Essa novidade sim, lembrando a primeira descoberta, foi capaz de gerar inesperada revolta, dessa vez no grupo dos signólogos representados pela ASI — Associação de Signólogos Independentes, e pelo SNS — Sindicato Nacional dos Signólogos. Ambos reclamavam que se interrompesse imediatamente o Silas Online utilizando várias alegações. As mais estridentes foram também as mais familiares:

  • conclusões do serviço não eram confiáveis;
  • o serviço não tinha licença para atuar no segmento;
  • por ser um serviço digital não pagava as taxas a que os profissionais do ramo estavam sujeitos;
  • o serviço não é regulamentado;
  • é uma prestação ilegal.

Lembrou muito o começo dos serviços de motoristas particulares contratados por aplicativo. Falando em aplicativos de motoristas, o serviço líder desse segmento criou uma nova categoria de enorme sucesso em que o cliente, ao iniciar um corrida, tem acesso ao signo frontal completo do motorista junto com análise digital feita, vejam só, pelo próprio Silas Online.

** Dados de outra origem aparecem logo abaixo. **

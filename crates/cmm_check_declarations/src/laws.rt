//! What holds of the rules on declarations, whatever names mean.

ghost use Rattle.cmm_check_declarations.specs.EntryFaults.{BreaksByValueOrCycle};

/// The faults of an entry are those of its type and value, and that it depends on itself.
#[tactic(auto, using(crate::proofs::EntryCycles::value_or_cycle))]
pub fn entries_break_by_value_or_cycle()
    ensures { BreaksByValueOrCycle }
{}
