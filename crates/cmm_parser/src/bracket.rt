//! What the limits on nesting count: open brackets, and the operators of an outermost expression.

ghost use Rattle.std.specs.Prelude.{◌≡◌, ◌+◌, ◌-◌, ◌<◌, ◌≤◌, length, IfOk, OnOk, Result};
ghost use Rattle.cmm_lexer.specs.Spellings.{keyword_number, symbol_number};
ghost use Rattle.cmm_grammar.specs.Taking.{is_word, is_sign};
ghost use Rattle.cmm_grammar.specs.Reading.{skip_opening, skip_operator, if_next, stop};
ghost use Rattle.cmm_parser.specs.inside.Parsing.{Takes, Opens, point_of, opening, chaining, closing};

use crate::fault::Stop;
use crate::parser::Parser;
use cmm_lexer::{Keyword, Symbol};

/// The most brackets that may be open, an `if` after an `else` among them.
pub(crate) const BRACKET_LIMIT: u32 = 200;

/// The most operators of an outermost expression.
pub(crate) const OPERATOR_LIMIT: u32 = 500;

impl Parser<'_> {
    /// Begins to count the operators of an outermost expression.
    #[tactic(auto, unfolding(crate::specs::inside::Parsing::point_of))]
    pub(crate) fn begin_outermost(&mut self)
        ensures { point_of self.new ≡ record (point_of self.old) { operators = 0 } }
    {
        self.operators = 0;
    }

    /// Takes the next token, which is an operator.
    #[tactic(auto, unfolding(crate::specs::inside::Parsing::point_of))]
    pub(crate) fn operator(&mut self) -> Result<(), Stop>
        requires { 0 < length (point_of self.old).left }
        ensures { Takes (λ fuel. skip_operator) (point_of self.old) result (point_of self.new) }
    {
        if self.operators >= OPERATOR_LIMIT {
            return Err(Stop::TooDeep(self.taken));
        }
        self.take();
        self.operators += 1;
        Ok(())
    }

    /// Takes an opening bracket, and gives how many were open before it.
    #[tactic(auto, unfolding(crate::specs::inside::Parsing::point_of))]
    pub(crate) fn enter(&mut self, bracket: Symbol) -> Result<u32, Stop>
        ensures { Opens (opening bracket) (point_of self.old) result (point_of self.new) }
    {
        if !self.is_symbol(bracket) {
            return Err(self.unexpected());
        }
        self.deepen()
    }

    /// Takes the `if` after an `else`, which counts as an open bracket until its chain ends, and gives how many were open before it.
    #[tactic(auto, unfolding(crate::specs::inside::Parsing::point_of))]
    pub(crate) fn enter_if(&mut self) -> Result<u32, Stop>
        ensures { Opens chaining (point_of self.old) result (point_of self.new) }
    {
        if !self.is_word(Keyword::If) {
            return Err(self.unexpected());
        }
        self.deepen()
    }

    /// Takes the next token, which opens a bracket, and gives how many were open before it.
    #[tactic(auto, unfolding(crate::specs::inside::Parsing::point_of))]
    fn deepen(&mut self) -> Result<u32, Stop>
        requires { 0 < length (point_of self.old).left }
        ensures { Opens skip_opening (point_of self.old) result (point_of self.new) }
    {
        let outside = self.open;
        if outside >= BRACKET_LIMIT {
            return Err(Stop::TooDeep(self.taken));
        }
        self.take();
        self.open += 1;
        Ok(outside)
    }

    /// Takes a closing bracket, outside of which this many are open.
    #[tactic(auto, unfolding(crate::specs::inside::Parsing::point_of))]
    pub(crate) fn leave(&mut self, bracket: Symbol, outside: u32) -> Result<(), Stop>
        ensures { Takes (λ fuel. closing bracket outside) (point_of self.old) result (point_of self.new) }
    {
        self.expect(bracket)?;
        self.close(outside);
        Ok(())
    }

    /// Ends what counted as an open bracket, outside of which this many are open.
    #[tactic(auto, unfolding(crate::specs::inside::Parsing::point_of))]
    pub(crate) fn close(&mut self, outside: u32)
        ensures { point_of self.new ≡ record (point_of self.old) { open_brackets = outside } }
    {
        self.open = outside;
    }
}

As concorrentes trataram de copiar e rapidamente virou padrão desse mercado poder ver o signo do motorista antecipadamente, variando apenas se o serviço é gratuito ou não.

Durante o embate jurídico, o Silas Online fez questão de salientar que não coloca cartazes nos postes, evitando a poluição visual e o acúmulo de papel nos bueiros das cidades, e assim contribuindo para cidades mais limpas e com menos enchentes. Ao final, essa briga só fez barulho, sem interromper a prestação do serviço; foi o triste fim de mais uma profissão cruelmente substituída pela tecnologia.

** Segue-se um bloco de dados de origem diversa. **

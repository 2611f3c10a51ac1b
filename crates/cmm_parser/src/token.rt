//! One token at a time.

ghost use Rattle.std.specs.Prelude.{◌≡◌, ◌+◌, ◌-◌, ◌^◌, ◌<◌, ◌≤◌, length, Ok, Some, IsTrue, IsFalse, OnOk, OnSome, MatchOption, option_map};
ghost use Rattle.cmm_lexer.specs.Spellings.{keyword_number, symbol_number};
ghost use Rattle.cmm_grammar.specs.Taking.{is_word, is_sign};
ghost use Rattle.cmm_grammar.specs.Reading.{next, past, passes};
ghost use Rattle.cmm_grammar.specs.Reading as readers;
ghost use Rattle.cmm_grammar.specs.ExpressionReading.{operator_name};
ghost use Rattle.cmm_grammar.specs.PartReading.{is_any_name, is_any_text};
ghost use Rattle.cmm_grammar.specs.DeclarationReading.{is_other, optional_text};
ghost use Rattle.cmm_lexer.specs.declared.piece.Lexeme.{Lexeme};
ghost use Rattle.cmm_parser.specs.inside.Parsing.{Takes, MayTake, Skips, Stays, NoWord, NoSymbol, skipped, point_of};
ghost use Rattle.cmm_parser.specs.Faults.{lexeme_in};
ghost use Rattle.cmm_parser.specs.declared.fault.Stop.{Stop};

use crate::fault::Stop;
use crate::parser::Parser;
use cmm_ast::{Ident, Int, Text};
use cmm_items::Items;
use cmm_lexer::{Keyword, Symbol, TokenKind};
use cmm_words::Name;

impl Parser<'_> {
    /// What the next token is, if there is one.
    #[tactic(auto, unfolding(crate::specs::inside::Parsing::point_of))]
    pub(crate) fn next(&self) -> Option<TokenKind>
        ensures { next (point_of self.now).left ≡ option_map (lexeme_in self.now.tokens.now) result }
    {
        match self.rest.first() {
            Some(token) => Some(token.kind),
            None => None,
        }
    }

    /// The number of the next token.
    #[tactic(auto, unfolding(crate::specs::inside::Parsing::point_of))]
    pub(crate) fn here(&self) -> u32
        ensures { result ≡ (point_of self.now).taken }
    {
        self.taken
    }

    /// The fault that the next token is none that may stand there.
    #[tactic(auto, unfolding(crate::specs::inside::Parsing::point_of))]
    pub(crate) fn unexpected(&self) -> Stop
        ensures { result ≡ Stop.Unexpected (point_of self.now).taken }
    {
        Stop::Unexpected(self.taken)
    }

    /// The reserved word that is next, if one is.
    pub(crate) fn next_word(&self) -> Option<Keyword>
        ensures { MatchOption result (NoWord (next (point_of self.now).left)) (λ word. next (point_of self.now).left ≡ Some (Lexeme.Word (keyword_number word))) }
    {
        self.next()?.word()
    }

    /// The symbol that is next, if one is.
    pub(crate) fn next_symbol(&self) -> Option<Symbol>
        ensures { MatchOption result (NoSymbol (next (point_of self.now).left)) (λ symbol. next (point_of self.now).left ≡ Some (Lexeme.Symbol (symbol_number symbol))) }
    {
        self.next()?.symbol()
    }

    pub(crate) fn is_word(&self, word: Keyword) -> bool
        ensures { passes (is_word word) (next (point_of self.now).left) ≡ result }
    {
        match self.next_word() {
            Some(next) => next == word,
            None => false,
        }
    }

    pub(crate) fn is_symbol(&self, symbol: Symbol) -> bool
        ensures { passes (is_sign symbol) (next (point_of self.now).left) ≡ result }
    {
        match self.next_symbol() {
            Some(next) => next == symbol,
            None => false,
        }
    }

    /// Takes the next token, if there is one.
    #[tactic(auto, unfolding(crate::specs::inside::Parsing::point_of))]
    pub(crate) fn take(&mut self)
        ensures there { 0 < length (point_of self.old).left → point_of self.new ≡ skipped (point_of self.old) }
        ensures fewer { 0 < length (point_of self.old).left → length (point_of self.new).left < length (point_of self.old).left }
    {
        if let Some((_, rest)) = self.rest.split_first() {
            self.rest = rest;
            self.taken += 1;
        }
    }

    pub(crate) fn is_name(&self) -> bool
        ensures { passes is_any_name (next (point_of self.now).left) ≡ result }
    {
        matches!(self.next(), Some(TokenKind::Name(_)))
    }

    pub(crate) fn is_text(&self) -> bool
        ensures { passes is_any_text (next (point_of self.now).left) ≡ result }
    {
        matches!(self.next(), Some(TokenKind::Text(_)))
    }

    /// A token is next, and it is not this one, which ends a row.
    pub(crate) fn is_within(&self, end: Symbol) -> bool
        ensures { passes (is_other «end») (next (point_of self.now).left) ≡ result }
    {
        self.next().is_some() && !self.is_symbol(end)
    }

    /// Takes the word where it is next, and says whether it was.
    pub(crate) fn accept_word(&mut self, word: Keyword) -> bool
        ensures taken { IsTrue result → Skips (is_word word) (point_of self.old) (point_of self.new) }
        ensures kept { IsFalse result → Stays (is_word word) (point_of self.old) (point_of self.new) }
    {
        let found = self.is_word(word);
        if found {
            self.take();
        }
        found
    }

    /// Takes the symbol where it is next, and says whether it was.
    pub(crate) fn accept(&mut self, symbol: Symbol) -> bool
        ensures taken { IsTrue result → Skips (is_sign symbol) (point_of self.old) (point_of self.new) }
        ensures kept { IsFalse result → Stays (is_sign symbol) (point_of self.old) (point_of self.new) }
    {
        let found = self.is_symbol(symbol);
        if found {
            self.take();
        }
        found
    }

    pub(crate) fn expect(&mut self, symbol: Symbol) -> Result<(), Stop>
        ensures { Takes (λ fuel. readers.symbol symbol) (point_of self.old) result (point_of self.new) }
    {
        if self.accept(symbol) {
            Ok(())
        } else {
            Err(self.unexpected())
        }
    }

    pub(crate) fn expect_word(&mut self, word: Keyword) -> Result<(), Stop>
        ensures { Takes (λ fuel. readers.keyword word) (point_of self.old) result (point_of self.new) }
    {
        if self.accept_word(word) {
            Ok(())
        } else {
            Err(self.unexpected())
        }
    }

    pub(crate) fn name(&mut self) -> Result<Name, Stop>
        ensures { Takes (λ fuel. readers.name) (point_of self.old) result (point_of self.new) }
    {
        let Some(TokenKind::Name(number)) = self.next() else {
            return Err(self.unexpected());
        };
        let name = Name::from_slice(self.alloc, self.tokens.spelling(number))?;
        self.take();
        Ok(name)
    }

    pub(crate) fn ident(&mut self) -> Result<Ident, Stop>
        ensures { Takes (λ fuel. readers.ident) (point_of self.old) result (point_of self.new) }
    {
        let token = self.here();
        let name = self.name()?;
        Ok(Ident { name, token })
    }

    pub(crate) fn text(&mut self) -> Result<Text, Stop>
        ensures { Takes (λ fuel. readers.text) (point_of self.old) result (point_of self.new) }
    {
        let token = self.here();
        let Some(TokenKind::Text(number)) = self.next() else {
            return Err(self.unexpected());
        };
        let bytes = Items::from_slice(self.alloc, self.tokens.spelling(number))?;
        self.take();
        Ok(Text { bytes, token })
    }

    /// The text that may stand here.
    pub(crate) fn optional_text(&mut self) -> Result<Option<Text>, Stop>
        ensures { MayTake (λ fuel. optional_text) (point_of self.old) result (point_of self.new) }
    {
        if self.is_text() {
            Ok(Some(self.text()?))
        } else {
            Ok(None)
        }
    }

    pub(crate) fn int(&mut self) -> Result<Int, Stop>
        ensures { Takes (λ fuel. readers.int) (point_of self.old) result (point_of self.new) }
    {
        let token = self.here();
        let Some(TokenKind::Int(value)) = self.next() else {
            return Err(self.unexpected());
        };
        self.take();
        Ok(Int { value, token })
    }

    /// The operator that is next by its name, of which an outermost expression may have one more.
    pub(crate) fn operator_name(&mut self) -> Result<Name, Stop>
        ensures { Takes (λ fuel. operator_name) (point_of self.old) result (point_of self.new) }
    {
        let Some(TokenKind::Op(number)) = self.next() else {
            return Err(self.unexpected());
        };
        let name = Name::from_slice(self.alloc, self.tokens.spelling(number))?;
        self.operator()?;
        Ok(name)
    }
}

Assim Silas Online se espalhou pelo mundo igual um vírus respiratório, revolucionando a análise dos signos e provocando os signólogos, que em cada país já sabiam da aproximação do fim da carreira nesse segmento. Para piorar, a equipe de marketing se apressou em oferecer diversos pacotes e assinaturas para conquistar tantos clientes quantos fosse possível.

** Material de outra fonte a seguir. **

//! The parts of a body that hold no block: most statements, told apart by their first tokens, and the declarations.

ghost use Rattle.std.specs.Prelude.{◌≡◌, ◌-◌, ◌<◌, ◌≤◌, ◌∷◌, [], None, Some, length, IfOk, OnOk};
ghost use Rattle.cmm_lexer.specs.Spellings.{symbol_number};
ghost use Rattle.cmm_grammar.specs.Taking.{is_sign};
ghost use Rattle.cmm_lexer.specs.declared.symbol.Symbol.TheVariants.{Open, Less};
ghost use Rattle.cmm_ast.specs.declared.statement.Lvalue.TheVariants as lvalues;
ghost use Rattle.cmm_grammar.specs.declared.told_apart.Targets.TheVariants as targets;
ghost use Rattle.cmm_grammar.specs.Reading.{◌>>=◌ as followed_by, optional, round, may_list};
ghost use Rattle.cmm_grammar.specs.ExpressionReading.{whole_memory};
ghost use Rattle.cmm_grammar.specs.ProcedureReading.{variables};
ghost use Rattle.cmm_grammar.specs.PartReading as parts;
ghost use Rattle.cmm_grammar.specs.StatementReading as readers;
ghost use Rattle.cmm_parser.specs.inside.Parsing.{Takes, MayTake, point_of};

use crate::fault::Stop;
use crate::parser::Parser;
use crate::types::named_type;
use cmm_ast::{
    Actual, Callee, CalleeForm, Exit, Ident, Kinded, LocalForm, Lvalue, Memory, Modifiers,
    StmtForm, Text, TypeName,
};
use cmm_grammar::{PartForm, Targets};
use cmm_items::Items;
use cmm_lexer::{Keyword, Symbol, TokenKind};
use std::alloc::{AllocError, Global};

/// This name, as what an assignment begins with.
fn first_name(alloc: Global, name: Ident) -> Result<Targets, AllocError>
    ensures { IfOk result (λ made. made ≡ targets.Names (name ∷ [])) }
{
    let mut names = Items::new(alloc);
    names.push(name)?;
    Ok(Targets::Names(names))
}

/// This word in memory, as what an assignment begins with.
fn first_memory(alloc: Global, memory: Memory) -> Result<Targets, AllocError>
    ensures { IfOk result (λ made. made ≡ targets.Lvalues (lvalues.Memory memory ∷ [])) }
{
    let mut to = Items::new(alloc);
    to.push(Lvalue::Memory(memory))?;
    Ok(Targets::Lvalues(to))
}

/// This result, as what a call begins with.
fn first_result(alloc: Global, kind: Text, name: Ident) -> Result<Targets, AllocError>
    ensures { IfOk result (λ made. made ≡ targets.Results (record { kind = Some kind; name = name } ∷ [])) }
{
    let mut results = Items::new(alloc);
    results.push(Kinded {
        kind: Some(kind),
        name,
    })?;
    Ok(Targets::Results(results))
}

/// The number of the token that a word in memory begins with.
fn memory_token(memory: &Memory) -> u32
    ensures { result ≡ readers.memory_token memory.now }
{
    memory.width.token
}

impl Parser<'_> {
    /// A part that holds no block.
    #[inline(never)]
    pub(crate) fn flat_part(&mut self) -> Result<PartForm, Stop>
        ensures { Takes (λ fuel. readers.flat_part fuel) (point_of self.old) result (point_of self.new) }
    {
        let Some(kind) = self.next() else {
            return self.symbol_part();
        };
        match kind {
            TokenKind::Name(_) => self.name_part(),
            TokenKind::Text(_) => self.text_part(),
            TokenKind::Word(_) => self.word_part(),
            _ => self.symbol_part(),
        }
    }

    /// A part that begins with a symbol.
    fn symbol_part(&mut self) -> Result<PartForm, Stop>
        ensures { Takes (λ fuel. readers.of_stmt (readers.symbol_stmt fuel)) (point_of self.old) result (point_of self.new) }
    {
        let form = self.symbol_stmt()?;
        Ok(PartForm::OfStmt(form))
    }

    /// Variables, as a part.
    fn variables_part(&mut self, modifiers: Modifiers, width: TypeName) -> Result<PartForm, Stop>
        ensures { Takes (λ fuel. readers.of_local (variables fuel modifiers width)) (point_of self.old) result (point_of self.new) }
    {
        let form = self.variables(modifiers, width)?;
        Ok(PartForm::OfLocal(form))
    }

    /// A part that begins with a name: where another name follows, it is the type of variables.
    fn name_part(&mut self) -> Result<PartForm, Stop>
        ensures { Takes (λ fuel. readers.name_part fuel) (point_of self.old) result (point_of self.new) }
    {
        let name = self.ident()?;
        if self.is_name() {
            self.variables_part(Modifiers::Nothing, named_type(name))
        } else {
            let form = self.name_stmt(name)?;
            Ok(PartForm::OfStmt(form))
        }
    }

    /// A part that begins with a text, which is the kind of variables or of a result.
    fn text_part(&mut self) -> Result<PartForm, Stop>
        ensures { Takes (λ fuel. readers.text_part fuel) (point_of self.old) result (point_of self.new) }
    {
        let kind = self.text()?;
        if self.accept_word(Keyword::Invariant) {
            let width = self.type_name()?;
            self.variables_part(Modifiers::KindInvariant(kind), width)
        } else {
            self.kind_part(kind)
        }
    }

    /// What follows a kind that no `invariant` follows.
    fn kind_part(&mut self, kind: Text) -> Result<PartForm, Stop>
        ensures { Takes (λ fuel. readers.kind_part fuel kind) (point_of self.old) result (point_of self.new) }
    {
        match self.bits() {
            Some(width) => self.variables_part(Modifiers::Kind(kind), width),
            None => {
                let name = self.ident()?;
                self.kinded_part(kind, name)
            }
        }
    }

    /// What follows a kind and a name, which is the type of variables or a result.
    fn kinded_part(&mut self, kind: Text, name: Ident) -> Result<PartForm, Stop>
        ensures { Takes (λ fuel. readers.kinded_part fuel kind name) (point_of self.old) result (point_of self.new) }
    {
        if self.is_name() {
            self.variables_part(Modifiers::Kind(kind), named_type(name))
        } else {
            let first = first_result(self.alloc, kind, name)?;
            let form = self.assignment(first)?;
            Ok(PartForm::OfStmt(form))
        }
    }

    /// A part that begins with a reserved word.
    fn word_part(&mut self) -> Result<PartForm, Stop>
        ensures { Takes (λ fuel. readers.word_part fuel) (point_of self.old) result (point_of self.new) }
    {
        match self.bits() {
            Some(width) => self.width_part(width),
            None => self.other_part(),
        }
    }

    /// What follows a type: a word in memory or variables.
    fn width_part(&mut self, width: TypeName) -> Result<PartForm, Stop>
        ensures { Takes (λ fuel. readers.width_part fuel width) (point_of self.old) result (point_of self.new) }
    {
        if self.is_symbol(Symbol::OpenSquare) {
            let form = self.memory_first(width)?;
            Ok(PartForm::OfStmt(form))
        } else {
            self.variables_part(Modifiers::Nothing, width)
        }
    }

    /// A part that begins with a reserved word that is no type.
    fn other_part(&mut self) -> Result<PartForm, Stop>
        ensures { Takes (λ fuel. readers.other_part fuel) (point_of self.old) result (point_of self.new) }
    {
        if self.is_word(Keyword::Invariant) {
            let modifiers = self.modifiers_of()?;
            let width = self.type_name()?;
            self.variables_part(modifiers, width)
        } else if self.accept_word(Keyword::Stackdata) {
            let form = self.stackdata()?;
            Ok(PartForm::OfLocal(form))
        } else {
            let form = self.word_stmt()?;
            Ok(PartForm::OfStmt(form))
        }
    }

    /// A statement that begins with a word in memory of this type.
    fn memory_first(&mut self, width: TypeName) -> Result<StmtForm, Stop>
        ensures { Takes (λ fuel. followed_by (whole_memory fuel width) (λ m. readers.memory_stmt fuel m)) (point_of self.old) result (point_of self.new) }
    {
        let memory = self.whole_memory(width)?;
        self.memory_stmt(memory)
    }

    /// A statement after its first name.
    fn name_stmt(&mut self, name: Ident) -> Result<StmtForm, Stop>
        ensures { Takes (λ fuel. readers.name_stmt fuel name) (point_of self.old) result (point_of self.new) }
    {
        if self.accept(Symbol::Colon) {
            Ok(StmtForm::Label(name))
        } else if self.is_symbol(Symbol::OpenSquare) {
            self.memory_first(named_type(name))
        } else if self.is_symbol(Symbol::Open) {
            let callee = Callee {
                token: name.token,
                form: CalleeForm::Name(name),
            };
            self.call(Items::new(self.alloc), None, callee)
        } else {
            let first = first_name(self.alloc, name)?;
            self.assignment(first)
        }
    }

    /// A statement after the word in memory that it begins with.
    fn memory_stmt(&mut self, memory: Memory) -> Result<StmtForm, Stop>
        ensures { Takes (λ fuel. readers.memory_stmt fuel memory) (point_of self.old) result (point_of self.new) }
    {
        if self.is_symbol(Symbol::Open) {
            let token = memory_token(&memory);
            let callee = Callee {
                token,
                form: CalleeForm::Memory(memory),
            };
            self.call(Items::new(self.alloc), None, callee)
        } else {
            let first = first_memory(self.alloc, memory)?;
            self.assignment(first)
        }
    }

    /// A statement that begins with a reserved word.
    fn word_stmt(&mut self) -> Result<StmtForm, Stop>
        ensures { Takes (λ fuel. readers.word_stmt fuel) (point_of self.old) result (point_of self.new) }
    {
        if self.accept_word(Keyword::Return) {
            self.return_form()
        } else if self.accept_word(Keyword::Goto) {
            self.goto()
        } else if self.accept_word(Keyword::Jump) {
            self.jump()
        } else if self.accept_word(Keyword::Cut) {
            self.cut()
        } else if self.accept_word(Keyword::Continuation) {
            self.continuation()
        } else if self.is_word(Keyword::Foreign) {
            self.call_after(Items::new(self.alloc))
        } else {
            Err(self.unexpected())
        }
    }

    /// A statement that begins with a symbol.
    fn symbol_stmt(&mut self) -> Result<StmtForm, Stop>
        ensures { Takes (λ fuel. readers.symbol_stmt fuel) (point_of self.old) result (point_of self.new) }
    {
        if self.is_symbol(Symbol::Open) {
            self.call_after(Items::new(self.alloc))
        } else {
            self.expect(Symbol::Semicolon)?;
            Ok(StmtForm::Empty)
        }
    }

    /// What follows a `return`.
    fn return_form(&mut self) -> Result<StmtForm, Stop>
        ensures { Takes (λ fuel. readers.return_form fuel) (point_of self.old) result (point_of self.new) }
    {
        let exit = self.optional_exit()?;
        let values = self.optional_arguments()?;
        self.expect(Symbol::Semicolon)?;
        Ok(StmtForm::Return { exit, values })
    }

    /// The exit that may stand here.
    fn optional_exit(&mut self) -> Result<Option<Exit>, Stop>
        ensures { MayTake (λ fuel. optional (is_sign Less) (parts.exit fuel)) (point_of self.old) result (point_of self.new) }
    {
        if self.is_symbol(Symbol::Less) {
            Ok(Some(self.exit()?))
        } else {
            Ok(None)
        }
    }

    /// The values in brackets that may stand here.
    fn optional_arguments(&mut self) -> Result<Option<Items<Actual>>, Stop>
        ensures { MayTake (λ fuel. optional (is_sign Open) (parts.arguments fuel)) (point_of self.old) result (point_of self.new) }
    {
        if self.is_symbol(Symbol::Open) {
            Ok(Some(self.arguments()?))
        } else {
            Ok(None)
        }
    }

    /// What follows a `goto`.
    fn goto(&mut self) -> Result<StmtForm, Stop>
        ensures { Takes (λ fuel. readers.goto) (point_of self.old) result (point_of self.new) }
    {
        let name = self.ident()?;
        self.expect(Symbol::Semicolon)?;
        Ok(StmtForm::Goto(name))
    }

    /// What follows a `jump`.
    fn jump(&mut self) -> Result<StmtForm, Stop>
        ensures { Takes (λ fuel. readers.jump fuel) (point_of self.old) result (point_of self.new) }
    {
        let callee = self.callee()?;
        let actuals = self.arguments()?;
        self.expect(Symbol::Semicolon)?;
        Ok(StmtForm::Jump { callee, actuals })
    }

    /// What follows a `cut`.
    fn cut(&mut self) -> Result<StmtForm, Stop>
        ensures { Takes (λ fuel. readers.cut fuel) (point_of self.old) result (point_of self.new) }
    {
        self.expect_word(Keyword::To)?;
        let callee = self.callee()?;
        let actuals = self.arguments()?;
        let flows = self.last_annotations()?;
        Ok(StmtForm::Cut {
            callee,
            actuals,
            flows,
        })
    }

    /// What follows a `continuation`.
    fn continuation(&mut self) -> Result<StmtForm, Stop>
        ensures { Takes (λ fuel. readers.continuation fuel) (point_of self.old) result (point_of self.new) }
    {
        let name = self.ident()?;
        let parameters = self.parameters()?;
        self.expect(Symbol::Colon)?;
        Ok(StmtForm::Continuation { name, parameters })
    }

    /// The parameters of a continuation, in their brackets.
    fn parameters(&mut self) -> Result<Items<Kinded>, Stop>
        ensures { Takes (λ fuel. round (may_list fuel parts.begins_kinded parts.kinded)) (point_of self.old) result (point_of self.new) }
    {
        let outside = self.enter(Symbol::Open)?;
        let parameters = self.may_list()?;
        self.leave(Symbol::Close, outside)?;
        Ok(parameters)
    }
}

O país que teve maior adoção foi a Índia, conhecida pelo alto índice de estupro. O serviço foi capaz de reduzir drasticamente o número de novas denúncias, especialmente em carros solicitados por aplicativo. Com um celular na mão as mulheres passaram a ter facilidade em saber não só o passado como as intenções de qualquer pessoa e ganhavam tempo precioso para decidir o que fazer e agir antes que fosse tarde. Era mais um verdadeiro empoderamento feminino criado por homens. Todos comemoraram!

É interessante perceber que apesar da primeira publicação do Dr ter precipitado incômodo, raiva, inconformidade, revolta, contragosto e, em especial, enormes brigas e até algumas ameaças entre líderes vizinhos, passados os anos, pôde-se perceber o oposto. As pessoas se tornaram mais compreensivas umas com as outras, diminuíram-se as rusgas e brigas, independente do seu alcance, desde as brigas domésticas até os conflitos internacionais, inclusive as guerras, tanto as ameaçadas quanto as consumadas. Críticos crêem que seja reflexo direto do pensamento de que, afinal, com signos vistos, quem teria coragem de jogar a primeira pedra?, e, ao mesmo tempo, todos conheciam os sentimentos e o passado de todos e sabiam que os próprios também eram conhecidos. Ninguém imaginou que a sinceridade compulsória seria positiva, aliás, muito pelo contrário, como é fácil de se lembrar. Inclusive, apesar de todos terem se esquecido, à época, muito se falou sobre o sincericídio e seus males.

Houve quem soubesse aproveitar a oportunidade, como o humorista que agregou a leitura dos signos às suas piadas e citou tanto a presença do signo do dengo, uma das formas pelas quais sua esposa demonstrava estar carente, quanto o escarlate signo da raiva em tom vivo de sangue, quando ela queria lhe arrancar o couro. Era parte da piada afirmar que tanta raiva era injusta e exagerada, mas ele apresenta seus stand-ups com o signo coberto.

Fulano enfim pôde voltar até Mamé e contar a novidade, afinal, algo de bom é mantido de forma duradoura, mesmo que não-permanente, a depender da saúde emocional de cada um. Ela ouviu atentamente, calada e pensativa enquanto seu pai olhava apreensivo, adivinhando o que ela ia dizer, dado que se acostumou com sua sensibilidade e inteligência. Em seu signo, o Dr percebeu com muita intensidade a calma e a serenidade enquanto ela pensava.

Mesmo assim, para ele, essa reposta não bastava, portanto, ainda não era tempo de parar a busca e descansar.